Stacks are organization specific. Wikipedia's definition at
[https://en.wikipedia.org/wiki/Solution_stack](https://en.wikipedia.org/wiki/Solution_stack)
is nice.

For fun:
[https://trends.google.com/trends/explore?date=all&geo=US&q=L...](https://trends.google.com/trends/explore?date=all&geo=US&q=LAMP%20Stack,MEAN%20Stack,WAMP%20Stack,WIMP%20Stack,MERN%20Stack)

------
fullstackjob
Once more thanks to all input, which is really helpfully. I think, even if
this is not representative voting here... For sure we can say, that Full-Stack
has no very well defined meaning. Everybody on both sides (Developer and
Recruiter) has other opinion on what it exactly means for him.

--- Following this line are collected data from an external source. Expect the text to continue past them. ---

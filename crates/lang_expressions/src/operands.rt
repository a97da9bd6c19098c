//! Expressions from operands that are read.
ghost use Rattle.std.specs.Prelude.{◌≡◌, IfOk, Some};
ghost use Rattle.lang_expressions.specs.Forms.{said, pair_of, paired, single_of, chosen};

use crate::forms::{Pair, Single, Word};
use lang_syntax::Expression;
use rt_values::{Boxed, OutOfMemory};
use std::alloc::Global;

/// What a word says.
pub fn said(word: Word) -> Expression
    ensures said { result ≡ said word }
{
    match word {
        Word::OwnScope => Expression::OwnScope,
        Word::Generation => Expression::Generation,
        Word::NearestError => Expression::NearestError,
        Word::Payload => Expression::Payload,
        Word::Me => Expression::Me,
    }
}

fn pair_of(pair: Pair, left: Boxed<Expression>, right: Boxed<Expression>) -> Expression
    ensures pair { result ≡ pair_of pair left right }
{
    match pair {
        Pair::Add => Expression::Add(left, right),
        Pair::Multiply => Expression::Multiply(left, right),
        Pair::Equal => Expression::Equal(left, right),
        Pair::Less => Expression::Less(left, right),
    }
}

/// Two operands, joined.
pub fn paired(
    alloc: Global,
    pair: Pair,
    operands: Vec<Expression>,
) -> Result<Option<Expression>, OutOfMemory>
    ensures paired { IfOk result (λ joined. joined ≡ paired pair (Some operands.items)) }
{
    let mut operands = operands;
    if operands.len() != 2 {
        return Ok(None);
    }
    let (Some(right), Some(left)) = (operands.pop(), operands.pop()) else {
        return Ok(None);
    };
    let left = Boxed::new(alloc, left)?;
    let right = Boxed::new(alloc, right)?;
    Ok(Some(pair_of(pair, left, right)))
}

/// A test and what is chosen by it.
pub fn chosen(alloc: Global, operands: Vec<Expression>) -> Result<Option<Expression>, OutOfMemory>
    ensures chosen { IfOk result (λ choice. choice ≡ chosen (Some operands.items)) }
{
    let mut operands = operands;
    if operands.len() != 3 {
        return Ok(None);
    }
    let (Some(other), Some(chosen), Some(test)) = (operands.pop(), operands.pop(), operands.pop())
    else {
        return Ok(None);
    };
    Ok(Some(Expression::If {
        test: Boxed::new(alloc, test)?,
        chosen: Boxed::new(alloc, chosen)?,
        other: Boxed::new(alloc, other)?,
    }))
}

/// What is done with one operand.
pub fn single_of(
    alloc: Global,
    single: Single,
    operand: Expression,
) -> Result<Expression, OutOfMemory>
    ensures single { IfOk result (λ made. made ≡ single_of single operand) }
{
    let operand = Boxed::new(alloc, operand)?;
    match single {
        Single::Not => Ok(Expression::Not(operand)),
        Single::IsAbsent => Ok(Expression::IsAbsent(operand)),
        Single::Parse => Ok(Expression::Parse(operand)),
    }
}
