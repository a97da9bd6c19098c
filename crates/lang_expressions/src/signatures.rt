//! What the names of a source stand for.
ghost use Rattle.std.specs.Prelude.{◌≡◌};
ghost use Rattle.lang_expressions.specs.Signatures.{signature_of};

use crate::context_keys::ContextKeys;
use rt_values::{List, Text};

/// What is used by its name, and with how many values.
#[derive(Debug, Drop)]
pub struct Signature {
    pub name: Text,
    pub params: u64,
}

/// The names that a whole source has: keys of contexts, components, actions and tasks, each in order.
#[derive(Debug, Drop)]
pub struct Names {
    pub kinds: ContextKeys,
    pub components: List<Signature>,
    pub actions: List<Signature>,
    pub tasks: List<Signature>,
}

/// The place from 0 of what has this name, and how many params it has.
#[tactic(auto, using(crate::proofs::Reading::signature_next), unfolding(crate::specs::Signatures::signature_of))]
pub fn signature_of(signatures: &[Signature], name: &str) -> Option<(u64, u64)>
    ensures place { result ≡ signature_of signatures.now name.now }
{
    for at in 0..signatures.len() {
        if signatures[at].name.as_str() == name {
            return Some((at as u64, signatures[at].params));
        }
    }
    None
}
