//! Expressions from JSON.
ghost use Rattle.std.specs.Prelude.{◌≡◌, IfOk, option_map, option_and_then};
ghost use Rattle.serde_json.specs.View.{view, items_view};
ghost use Rattle.serde_json.specs.Find.{as_str};
ghost use Rattle.lang_expressions.specs.Lists.{read_each};
ghost use Rattle.lang_expressions.specs.Names.{place_of};
ghost use Rattle.lang_expressions.specs.Expressions.{expression_of, formed, row, expression_in};

use crate::context_keys::ContextKeys;
use crate::fields::is_zero;
use crate::forms::{Form, form_of};
use crate::keys::only_member;
use crate::names::place_of;
use crate::operands::{chosen, paired, said, single_of};
use crate::signatures::Names;
use lang_syntax::{Expression, Literal};
use rt_values::{List, OutOfMemory, Text};
use serde_json::Value;
use std::alloc::Global;

/// One level more than JSON nests, so that nothing is refused for its levels here.
const LEVELS: u8 = 128;

#[cycle(expression)]
#[tactic(auto, using(crate::proofs::Reading::expression_levels))]
fn expression(
    alloc: Global,
    levels: u8,
    names: &Names,
    variables: &[Text],
    value: &Value,
) -> Result<Option<Expression>, OutOfMemory>
    ensures expression { IfOk result (λ read.
        read ≡ expression_of levels names.now variables.now (view value.now)) }
{
    if levels == 0 {
        return Ok(None);
    }
    if let Some(text) = value.as_str() {
        let text = Text::from_str(alloc, text)?;
        return Ok(Some(Expression::Say(Literal::Text(text))));
    }
    if let Some(number) = value.as_i64() {
        return Ok(Some(Expression::Say(Literal::Number(number))));
    }
    let Some((key, operand)) = only_member(value) else {
        return Ok(None);
    };
    let Some(form) = form_of(key) else {
        return Ok(None);
    };
    formed(alloc, levels - 1, names, variables, form, operand)
}

#[cycle(expression)]
fn formed(
    alloc: Global,
    levels: u8,
    names: &Names,
    variables: &[Text],
    form: Form,
    value: &Value,
) -> Result<Option<Expression>, OutOfMemory>
    ensures formed { IfOk result (λ read. read
        ≡ formed (expression_of levels names.now variables.now) names.now variables.now form
        (view value.now)) }
{
    match form {
        Form::Get => Ok(place(variables, value).map(Expression::Get)),
        Form::Read => Ok(place(variables, value).map(Expression::Read)),
        Form::LookUp => Ok(kind(&names.kinds, value).map(Expression::LookUp)),
        Form::Said(word) => {
            if is_zero(value) {
                Ok(Some(said(word)))
            } else {
                Ok(None)
            }
        }
        Form::One(single) => {
            let Some(operand) = expression(alloc, levels, names, variables, value)? else {
                return Ok(None);
            };
            Ok(Some(single_of(alloc, single, operand)?))
        }
        Form::Cat | Form::If | Form::Two(_) => { row(alloc, levels, names, variables, form, value) }
    }
}

#[cycle(expression)]
fn row(
    alloc: Global,
    levels: u8,
    names: &Names,
    variables: &[Text],
    form: Form,
    value: &Value,
) -> Result<Option<Expression>, OutOfMemory>
    ensures row { IfOk result (λ read. read
        ≡ row (expression_of levels names.now variables.now) form (view value.now)) }
{
    let Some(values) = value.as_array() else {
        return Ok(None);
    };
    let Some(operands) = expressions(alloc, levels, names, variables, values)? else {
        return Ok(None);
    };
    match form {
        Form::Cat => Ok(Some(Expression::Cat(List::from_vec(operands)))),
        Form::If => chosen(alloc, operands),
        Form::Two(pair) => paired(alloc, pair, operands),
        _ => Ok(None),
    }
}

/// The place of the name that a text is.
fn place(names: &[Text], value: &Value) -> Option<u64>
    ensures place { result ≡ option_and_then (place_of names.now) (as_str (view value.now)) }
{
    let name = value.as_str()?;
    place_of(names, name)
}

/// The kind of the key that a text is.
fn kind(kinds: &ContextKeys, value: &Value) -> Option<u64>
    ensures kind { result ≡ option_and_then (place_of kinds.now) (as_str (view value.now)) }
{
    let name = value.as_str()?;
    kinds.place_of(name)
}

#[cycle(expression)]
fn expressions(
    alloc: Global,
    levels: u8,
    names: &Names,
    variables: &[Text],
    values: &[Value],
) -> Result<Option<Vec<Expression>>, OutOfMemory>
    ensures expressions { IfOk result (λ read. option_map (λ kept. kept.items) read
        ≡ read_each (expression_of levels names.now variables.now) (items_view values.now)) }
{
    let mut read = Vec::new(alloc);
    for value in values {
        let Some(one) = expression(alloc, levels, names, variables, value)? else {
            return Ok(None);
        };
        read.push(one)?;
    }
    Ok(Some(read))
}

/// The expression that a value is, with these variables in reach.
pub fn read_expression(
    alloc: Global,
    names: &Names,
    variables: &[Text],
    value: &Value,
) -> Result<Option<Expression>, OutOfMemory>
    ensures expression { IfOk result (λ read.
        read ≡ expression_in names.now variables.now (view value.now)) }
{
    expression(alloc, LEVELS, names, variables, value)
}

/// The expressions that the values of a list are, where each is one.
pub fn read_expressions(
    alloc: Global,
    names: &Names,
    variables: &[Text],
    values: &[Value],
) -> Result<Option<Vec<Expression>>, OutOfMemory>
    ensures expressions { IfOk result (λ read. option_map (λ kept. kept.items) read
        ≡ read_each (expression_in names.now variables.now) (items_view values.now)) }
{
    expressions(alloc, LEVELS, names, variables, values)
}
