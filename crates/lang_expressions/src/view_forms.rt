//! Which form of view node a key names.
ghost use Rattle.std.specs.Prelude.{◌≡◌};
ghost use Rattle.serde_json.specs.View.{view, members_view};
ghost use Rattle.lang_expressions.specs.ViewForms.{form_of, first_form, form_in};

use serde_json::{Map, Value};

/// What has no view nodes in it.
#[derive(Clone, Copy, Debug, PartialEq, Eq)]
pub enum Leaf {
    Text,
    Use,
    Hole,
}

/// The forms of a view node that is an object.
#[derive(Clone, Copy, Debug, PartialEq, Eq)]
pub enum Form {
    Element,
    List,
    Pick,
    Fragment,
    Boundary,
    Alone(Leaf),
}

#[tactic(auto, unfolding(crate::specs::ViewForms::form_of))]
fn form_of(key: &str) -> Option<Form>
    ensures form { result ≡ form_of key.now }
{
    if key == "el" {
        Some(Form::Element)
    } else if key == "list" {
        Some(Form::List)
    } else if key == "pick" {
        Some(Form::Pick)
    } else if key == "fragment" {
        Some(Form::Fragment)
    } else if key == "boundary" {
        Some(Form::Boundary)
    } else if key == "text" {
        Some(Form::Alone(Leaf::Text))
    } else if key == "use" {
        Some(Form::Alone(Leaf::Use))
    } else if key == "hole" {
        Some(Form::Alone(Leaf::Hole))
    } else {
        None
    }
}

/// The form of the first key of some members that names one.
#[tactic(auto, unfolding(crate::specs::ViewForms::first_form))]
fn first_form(members: &Map<String, Value>) -> Option<Form>
    ensures form { result ≡ first_form (members_view members.now.entries) }
{
    for (key, _value) in members.iter() {
        if let Some(form) = form_of(key.as_str()) {
            return Some(form);
        }
    }
    None
}

/// The form of a view node that is an object.
pub fn form_in(value: &Value) -> Option<Form>
    ensures form { result ≡ form_in (view value.now) }
{
    match value {
        Value::Object(members) => first_form(members),
        _ => None,
    }
}
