//! Names: which texts are one, where one is bound, and lists of names that differ.
ghost use Rattle.std.specs.Prelude.{◌≡◌, ◌||◌, ℕ, List, not, bytes_eq, IfOk, OnOk, option_map};
ghost use Rattle.serde_json.specs.View.{items_view};
ghost use Rattle.lang_expressions.specs.Names.{is_seen, place_of, distinct_texts};

use rt_values::{OutOfMemory, Text};
use serde_json::Value;
use std::alloc::Global;
use std::collections::BTreeSet;

/// The place from 0 of the last of the names that is this one.
#[tactic(auto, using(crate::proofs::Steps::place_next), unfolding(crate::specs::Names::place_of))]
pub fn place_of(names: &[Text], name: &str) -> Option<u64>
    ensures place { result ≡ place_of names.now name.now }
{
    let mut place = None;
    for at in 0..names.len() {
        if names[at].as_str() == name {
            place = Some(at as u64);
        }
    }
    place
}

/// The texts of a list, where each of its values is one and no two are the same.
pub fn distinct_texts(alloc: Global, values: &[Value]) -> Result<Option<Vec<Text>>, OutOfMemory>
    ensures texts { IfOk result (λ texts. option_map (λ kept. kept.items) texts
        ≡ distinct_texts (items_view values.now)) }
{
    let mut texts = Vec::new(alloc);
    let mut seen = BTreeSet::new(alloc);
    for value in values {
        let Some(text) = value.as_str() else {
            return Ok(None);
        };
        let fresh = see(&mut seen, text)?;
        if !fresh {
            return Ok(None);
        }
        texts.push(Text::from_str(alloc, text)?)?;
    }
    Ok(Some(texts))
}

// Puts a text among those that were seen, and answers whether it wasn't one of them.
fn see<'a>(seen: &mut BTreeSet<&'a str>, text: &'a str) -> Result<bool, OutOfMemory>
    ensures fresh { IfOk result (λ fresh. fresh ≡ not (is_seen seen.old text.now)) }
    ensures more { OnOk result ((other : List ℕ) → is_seen seen.new other
        ≡ (bytes_eq other text.now || is_seen seen.old other)) }
{
    Ok(seen.insert(text)?)
}
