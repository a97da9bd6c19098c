//! Expressions and views of the JSON application language, read with the names in reach as places; and
//! looking into a value of JSON: under which keys an object has what, texts, whole numbers, names.
#![tactic(auto)]

mod attributes;
mod calls;
mod context_keys;
mod expressions;
mod fields;
mod forms;
mod keys;
mod kinds;
mod names;
mod operands;
mod parts;
mod signatures;
mod view_forms;
mod views;

pub use calls::{call_at, expression_at, kind_at, read_call, variable_at};
pub use context_keys::ContextKeys;
pub use expressions::{read_expression, read_expressions};
pub use fields::{is_zero, is_zero_at, list_at, list_or_empty, text_at, whole, whole_at};
pub use keys::{is_object_of, only_member};
pub use kinds::kinds_in;
pub use names::{distinct_texts, place_of};
pub use signatures::{Names, Signature, signature_of};
pub use view_forms::{Form, Leaf, form_in};
pub use views::read_view;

On my Job Board for Full Stack Developers (
[https://fullstackjob.com](https://fullstackjob.com) ) I try to handle it the
way, that requirements are on both "sides", back and front end at least.
That's not exactly my point of view, but the only common denominator I can
see.

------
fullstackjob
Thanks for all answers I got yet :-)

What I can see from job submissions on my side project
[https://fullstackjob.com](https://fullstackjob.com) is, that for at least 50%
of posting companies/recruiters, Full Stack is "just a bunch of skill's". For
mostly all of them it includes both Front- and Backend. SOme of them include
DB knowledge, but not always clear, if they mean "just query lang" or DBA
skills.

In my opinion, when I hire somebody Full Stack, it is mainly about the fact,
that this guy then can understand a complex software from front- to back and
forward, but not that he can develop the whole thing.

------
arjunvpaul
FYI - [http://sijinjoseph.com/programmer-competency-
matrix/](http://sijinjoseph.com/programmer-competency-matrix/)

------
lettergram
> which skill's are needed to be a Full-Stack Developer ? I don't ask about
> which languages or frameworks, but eg: - Backend, Frontend, Devops, DBA
> Something missing for you ? To much ?

I'm a little confused about what you are asking...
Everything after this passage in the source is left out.